What is being asked:
Scan the listing below and copy each line holding the word "Stored".

Provided material:
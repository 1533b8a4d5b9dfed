//! Runs turn by turn: what happens to a machine, and what is seen of it.

use crate::drafts::*;
use core_step::Wrote;
use guest_regs::Regs;
use machine_desc::{Act, State};
use partition::LoneMachine;
use std::alloc::{AllocError, Global};
use std::test::Fail;

/// What happens.
#[derive(Clone, Copy)]
pub enum Turn {
    /// So many steps, of which others see nothing.
    Quiet(u64),
    /// So many steps without an act, which write these ranges of shared extents.
    Shares(u64, &'static [Wrote]),
    /// A step sends these bytes on handle 1, and the other end takes them.
    Sends(&'static [u8]),
    /// A step sends so many bytes there, and the other end takes so many of them.
    Gives(usize, usize),
    /// So many times three quiet steps, and one that sends sixteen bytes, of which none is taken.
    Floods(u32),
    /// A call by its token and r3 to r6, and the status and the values that it answers.
    Call(u32, [u32; 4], u32, &'static [u32]),
    /// A doorbell send on this handle, its status, and the handle whose doorbell then rang.
    Send(u32, u32, Option<u32>),
    /// A call by its token and r3 to r6, what r3 holds behind it, and what it does to a partition.
    Commands(u32, [u32; 4], u32, Command),
    /// A step that does this to a partition.
    Does(Command),
    /// A copy by r3 to r7, what r3 holds behind it, and what it does, in 13 steps.
    Copy([u32; 5], u32, Option<Command>),
    /// The word at this address is this one, in 3 steps.
    Holds(u32, u32),
    /// Reserves this address, in 3 steps.
    Reserve(u32),
    /// Stores there if the reservation holds, behind which the condition register is this, in 2 steps.
    Conclude(u32),
    /// A step that ends the machine.
    Faults,
    /// The doorbell of handle 3 rings.
    Ring,
    /// These bytes come on handle 1.
    Give(&'static [u8]),
    /// Another partition stores in this range, by its extent, its offset there and its length.
    Stored(u32, u32, u32),
    /// Its manager starts it at this entry, and has its memory loaded anew or not.
    Started(u32, bool),
    /// Its manager stops it.
    Stopped,
    /// Its manager restarts it.
    Restarted,
    /// The partition of handle 4 runs now, or doesn't.
    Told(bool),
    /// Nothing, but this is seen.
    See(Seen),
}

/// What a step does to the caller's own partition, or to the one of a handle.
#[derive(Clone, Copy, PartialEq, Eq)]
pub enum Command {
    /// By its handle, its entry, and whether its memory is loaded anew.
    Start(u32, u32, bool),
    Stop(u32),
    Restart(u32),
    /// By its handle and how many bytes there are.
    CopyTo(u32, u32),
    CopyFrom(u32, u32),
    SelfStop,
    SelfRestart,
}

/// What is seen.
#[derive(Clone, Copy)]
pub enum Seen {
    /// These general registers.
    Registers(&'static [(u8, u32)]),
    /// The steps, which are the time base too, DEC and the idle flag, where TSR is 0.
    Clocks(u64, u32, bool),
    /// The steps, which are the time base too, and the PC.
    At(u64, u32),
    /// The steps, and the PC of a manager that begins there: what else a run changes of its registers is as at first, the time
    /// base too.
    Fresh(u64, u32),
    /// The steps.
    Steps(u64),
    /// The idle flag.
    Idle(bool),
    Esr(u32),
    Msr(u32),
    Is(State),
    /// Whether the description says that it begins held.
    Held(bool),
    /// How many bytes wait on handle 1.
    Waits(u16),
}

/// The token of a doorbell send.
const DOORBELL_SEND: u32 = 0x1_000E;

/// The token of a copy.
const COPY: u32 = 0x2_0008;

/// How many instructions a call takes.
const CALL_LEN: u64 = 11;

/// The instructions of a call.
fn call_words(token: u32, args: [u32; 4]) -> [u32; 11] {
    [
        0x3D60_0000 | token >> 16, // lis r11, and so on
        0x616B_0000 | token & 0xFFFF, // ori r11,r11
        0x3C60_0000 | args[0] >> 16, // lis r3
        0x6063_0000 | args[0] & 0xFFFF, // ori r3,r3
        0x3C80_0000 | args[1] >> 16, // lis r4
        0x6084_0000 | args[1] & 0xFFFF, // ori r4,r4
        0x3CA0_0000 | args[2] >> 16, // lis r5
        0x60A5_0000 | args[2] & 0xFFFF, // ori r5,r5
        0x3CC0_0000 | args[3] >> 16, // lis r6
        0x60C6_0000 | args[3] & 0xFFFF, // ori r6,r6
        0x4400_0022, // sc 1
    ]
}

/// Puts a number into r9.
fn address_words(number: u32) -> [u32; 2] {
    [
        0x3D20_0000 | number >> 16, // lis r9
        0x6129_0000 | number & 0xFFFF, // ori r9,r9
    ]
}

/// The instructions of a copy: r7 first, and then a call.
fn put_copy(image: &mut Vec<u32>, args: [u32; 5]) -> Result<(), AllocError> {
    let [source, target, low, high, count] = args;
    image.push(0x3CE0_0000 | count >> 16)?; // lis r7
    image.push(0x60E7_0000 | count & 0xFFFF)?; // ori r7,r7
    image.extend_from_slice(&call_words(COPY, [source, target, low, high]))
}

/// The instructions of what a guest does by itself, if any.
fn put_deed(image: &mut Vec<u32>, turn: Turn) -> Result<(), AllocError> {
    match turn {
        Turn::Copy(args, _, _) => put_copy(image, args)?,
        Turn::Holds(at, _) => {
            image.extend_from_slice(&address_words(at))?;
            image.push(0x8149_0000)?; // lwz r10,0(r9)
        }
        Turn::Reserve(at) => {
            image.extend_from_slice(&address_words(at))?;
            image.push(0x7D40_4828)?; // lwarx r10,0,r9
        }
        Turn::Conclude(_) => {
            image.push(0x7D40_492D)?; // stwcx. r10,0,r9
            image.push(0x7D40_0026)?; // mfcr r10
        }
        _ => {}
    }
    Ok(())
}

/// The image of a guest that does this.
pub fn image_of(alloc: Global, turns: &[Turn]) -> Result<Vec<u32>, AllocError> {
    let mut image = Vec::new(alloc);
    for turn in turns {
        match *turn {
            Turn::Call(token, args, _, _) | Turn::Commands(token, args, _, _) => {
                image.extend_from_slice(&call_words(token, args))?;
            }
            Turn::Send(handle, _, _) => {
                image.extend_from_slice(&call_words(DOORBELL_SEND, [handle, 0, 0, 0]))?;
            }
            _ => put_deed(&mut image, *turn)?,
        }
    }
    Ok(image)
}

/// Whether so many steps write these ranges, and have no act.
fn shares(
    alloc: Global,
    machine: &mut LoneMachine,
    steps: u64,
    ranges: &[Wrote],
) -> Result<bool, Fail> {
    let told = quiet_steps(alloc, machine, steps)?;
    Ok(told.as_slice() == ranges)
}

/// Whether a step sends these bytes, which the other end takes.
fn sends(machine: &mut LoneMachine, sent: &[u8]) -> Result<bool, Fail> {
    match step(machine, 16)?.act {
        Act::Sent { h, bytes } => Ok(h == 1 && bytes.as_slice() == sent),
        _ => Ok(false),
    }
}

/// Whether a step sends so many bytes.
fn gives(machine: &mut LoneMachine, count: usize, taken: usize) -> Result<bool, Fail> {
    match step(machine, taken)?.act {
        Act::Sent { h, bytes } => Ok(h == 1 && bytes.len() == count),
        _ => Ok(false),
    }
}

/// Whether each fourth step sends sixteen bytes.
fn floods(alloc: Global, machine: &mut LoneMachine, times: u32) -> Result<bool, Fail> {
    for _ in 0..times {
        quiet_steps(alloc, machine, 3)?;
        if !gives(machine, 16, 0)? {
            return Ok(false);
        }
    }
    Ok(true)
}

/// The steps of one call, and the handle whose doorbell rang in the last of them.
fn call(alloc: Global, machine: &mut LoneMachine) -> Result<Option<u32>, Fail> {
    quiet_steps(alloc, machine, CALL_LEN - 1)?;
    match step(machine, 0)?.act {
        Act::None | Act::Took { .. } => Ok(None),
        Act::Rang { h } => Ok(Some(h)),
        _ => Err("the call is quiet, or a ring".into()),
    }
}

/// Whether r4 to r8 begin with these values.
fn are_told(regs: &Regs, values: &[u32]) -> bool {
    let told = [
        regs.gpr(4),
        regs.gpr(5),
        regs.gpr(6),
        regs.gpr(7),
        regs.gpr(8),
    ];
    told.iter().zip(values).all(|(is, want)| is == want)
}

/// Whether a call is answered so, and rings this doorbell.
fn answers(
    alloc: Global,
    machine: &mut LoneMachine,
    status: u32,
    values: &[u32],
    rings: Option<u32>,
) -> Result<bool, Fail> {
    let rang = call(alloc, machine)?;
    let regs = registers_of(machine)?;
    Ok(rang == rings && regs.gpr(3) == status && are_told(regs, values))
}

/// What an act does to a partition.
fn command_of(act: &Act) -> Option<Command> {
    match act {
        Act::Start { h, entry, load } => Some(Command::Start(*h, *entry, *load)),
        Act::Stop { h } => Some(Command::Stop(*h)),
        Act::Restart { h } => Some(Command::Restart(*h)),
        Act::CopyTo { h, total } => Some(Command::CopyTo(*h, *total)),
        Act::CopyFrom { h, total } => Some(Command::CopyFrom(*h, *total)),
        Act::SelfStop => Some(Command::SelfStop),
        Act::SelfRestart => Some(Command::SelfRestart),
        _ => None,
    }
}

/// Whether a step does this.
fn does(machine: &mut LoneMachine, command: Command) -> Result<bool, Fail> {
    let acts = step(machine, 0)?;
    Ok(command_of(&acts.act) == Some(command))
}

/// Whether a call does this, and leaves this in r3.
fn commands(
    alloc: Global,
    machine: &mut LoneMachine,
    left: u32,
    command: Command,
) -> Result<bool, Fail> {
    quiet_steps(alloc, machine, CALL_LEN - 1)?;
    let done = does(machine, command)?;
    let regs = registers_of(machine)?;
    Ok(done && regs.gpr(3) == left)
}

/// Whether a copy does this, and leaves this in r3.
fn copies(
    alloc: Global,
    machine: &mut LoneMachine,
    left: u32,
    command: Option<Command>,
) -> Result<bool, Fail> {
    quiet_steps(alloc, machine, CALL_LEN + 1)?;
    let acts = step(machine, 0)?;
    let regs = registers_of(machine)?;
    Ok(command_of(&acts.act) == command && regs.gpr(3) == left)
}

/// Whether r10 is this behind so many quiet steps.
fn brings(alloc: Global, machine: &mut LoneMachine, steps: u64, word: u32) -> Result<bool, Fail> {
    quiet_steps(alloc, machine, steps)?;
    Ok(registers_of(machine)?.gpr(10) == word)
}

/// What a general register of a manager begins with.
fn fresh_value(number: u8) -> u32 {
    match number {
        3 => TREE_AT,
        6 => 0x4550_4150, // "EPAP"
        7 => 0x0400_0000, // the area that is mapped
        _ => 0,
    }
}

/// Whether each general register is as a manager's begins.
fn are_fresh(regs: &Regs) -> bool {
    for number in 0..32u8 {
        if regs.gpr(number) != fresh_value(number) {
            return false;
        }
    }
    true
}

/// Whether those are so, and with them the clocks, the syndrome, the machine state, the idle flag and the reservation.
fn begins(regs: &Regs) -> bool {
    are_fresh(regs)
        && (regs.time(), regs.dec(), regs.tsr(), regs.esr()) == (0, 0, 0, 0)
        && regs.msr() == 0x1000_0000
        && !regs.idle()
        && regs.reserved().is_none()
}

/// Whether a machine shows this.
fn shows(machine: &LoneMachine, seen: Seen) -> Result<bool, Fail> {
    let regs = registers_of(machine)?;
    let steps = machine.steps();
    Ok(match seen {
        Seen::Registers(registers) => first_wrong(regs, registers).is_none(),
        Seen::Clocks(at, dec, idle) => {
            (steps, regs.time(), regs.tsr()) == (at, at, 0)
                && regs.dec() == dec
                && regs.idle() == idle
        }
        Seen::At(at, pc) => (steps, regs.time(), regs.pc()) == (at, at, pc),
        Seen::Fresh(at, pc) => (steps, regs.pc()) == (at, pc) && begins(regs),
        Seen::Steps(at) => steps == at,
        Seen::Idle(idle) => regs.idle() == idle,
        Seen::Esr(esr) => regs.esr() == esr,
        Seen::Msr(msr) => regs.msr() == msr,
        Seen::Is(state) => machine.state() == state,
        Seen::Held(held) => machine.desc().held == held,
        Seen::Waits(count) => waiting(machine) == Some(count),
    })
}

/// Whether what happens between steps can happen.
fn comes(machine: &mut LoneMachine, turn: Turn) -> bool {
    match turn {
        Turn::Ring => try_ring(machine).is_some(),
        Turn::Give(bytes) => try_give(machine, bytes).is_some(),
        Turn::Stored(extent, at, len) => {
            machine.written(&[Wrote { extent, at, len }]);
            true
        }
        Turn::Started(entry, load) => try_start(machine, entry, load).is_some(),
        Turn::Stopped => {
            machine.stop();
            true
        }
        Turn::Restarted => {
            machine.restart();
            true
        }
        Turn::Told(runs) => try_tell(machine, runs).is_some(),
        _ => false,
    }
}

/// Whether a turn goes as it was worked out.
fn goes_right(alloc: Global, machine: &mut LoneMachine, turn: Turn) -> Result<bool, Fail> {
    match turn {
        Turn::Quiet(steps) => shares(alloc, machine, steps, &[]),
        Turn::Shares(steps, ranges) => shares(alloc, machine, steps, ranges),
        Turn::Sends(sent) => sends(machine, sent),
        Turn::Gives(count, taken) => gives(machine, count, taken),
        Turn::Floods(times) => floods(alloc, machine, times),
        Turn::Call(_, _, status, values) => answers(alloc, machine, status, values, None),
        Turn::Send(_, status, rings) => answers(alloc, machine, status, &[], rings),
        Turn::Commands(_, _, left, command) => commands(alloc, machine, left, command),
        Turn::Does(command) => does(machine, command),
        Turn::Copy(_, left, command) => copies(alloc, machine, left, command),
        Turn::Holds(_, word) => brings(alloc, machine, 3, word),
        Turn::Conclude(condition) => brings(alloc, machine, 2, condition),
        Turn::Reserve(_) => shares(alloc, machine, 3, &[]),
        Turn::Faults => Ok(matches!(step(machine, 0)?.act, Act::Faulted)),
        Turn::See(seen) => shows(machine, seen),
        _ => Ok(comes(machine, turn)),
    }
}

/// The first turn of a machine that goes otherwise.
pub fn first_wrong_turn(
    alloc: Global,
    draft: &Draft,
    turns: &[Turn],
) -> Result<Option<usize>, Fail> {
    let mut machine = machine_of(alloc, draft)?;
    for (place, turn) in turns.iter().enumerate() {
        if !goes_right(alloc, &mut machine, *turn)? {
            return Ok(Some(place));
        }
    }
    Ok(None)
}

/// The same, where the image is made of the turns' calls.
pub fn first_wrong_call(alloc: Global, turns: &[Turn]) -> Result<Option<usize>, Fail> {
    let image = image_of(alloc, turns)?;
    first_wrong_turn(alloc, &built_in(image.as_slice()), turns)
}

Result for this exercise:
    Stored(u32, u32, u32),
        Turn::Stored(extent, at, len) => {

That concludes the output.